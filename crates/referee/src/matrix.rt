use std::alloc::{AllocError, Global};

const WORD_BITS: usize = 64;

// A square table of yes and no, a bit for each: each row is a line of words.
#[derive(Drop)]
pub struct Matrix {
    rows: Vec<Vec<u64>>,
}

impl Matrix {
    // A table of this many rows and columns, all no.
    pub fn blank(heap: Global, side: usize) -> Result<Matrix, AllocError> {
        let rows = (0..side)
            .map(|_| vec![in heap; 0; side / WORD_BITS + 1])
            .try_collect(heap)?;
        Ok(Matrix { rows })
    }

    pub fn has(&self, row: usize, column: usize) -> bool {
        self.rows
            .get(row)
            .is_some_and(|words| has_bit(words, column))
    }

    // Says yes at this row and column; outside of the table nothing is done.
    pub fn set(&mut self, row: usize, column: usize) {
        if let Some(words) = self.rows.get_mut(row) {
            if let Some(word) = words.get_mut(column / WORD_BITS) {
                *word |= 1 << (column % WORD_BITS);
            }
        }
    }

    // Warshall's closure: yes wherever steps of one yes after another lead.
    pub fn close(&mut self) -> Result<(), AllocError> {
        // Each row is named by its number, since all rows change while it is read.
        for through in 0..self.rows.len() {
            self.close_through(through)?;
        }
        Ok(())
    }

    // Whoever leads to `through` leads wherever that leads.
    fn close_through(&mut self, through: usize) -> Result<(), AllocError> {
        let Some(words) = self.rows.get(through) else {
            return Ok(());
        };
        let onward = words.clone()?;
        for words in self.rows.iter_mut() {
            if has_bit(words, through) {
                join(words, &onward);
            }
        }
        Ok(())
    }
}

// Whether a row says yes in this column.
fn has_bit(words: &[u64], column: usize) -> bool {
    let word = words.get(column / WORD_BITS).copied().unwrap_or(0);
    (word >> (column % WORD_BITS)) % 2 == 1
}

// Says yes in a row wherever `other` does.
fn join(words: &mut [u64], other: &[u64]) {
    for (word, more) in words.iter_mut().zip(other) {
        *word |= *more;
    }
}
++++++++++
* _TASK INSTRUCTIONS_:
The lines above that hold the word "bool" should be found and copied out.

* _ANSWER SECTION_:
    pub fn has(&self, row: usize, column: usize) -> bool {
fn has_bit(words: &[u64], column: usize) -> bool {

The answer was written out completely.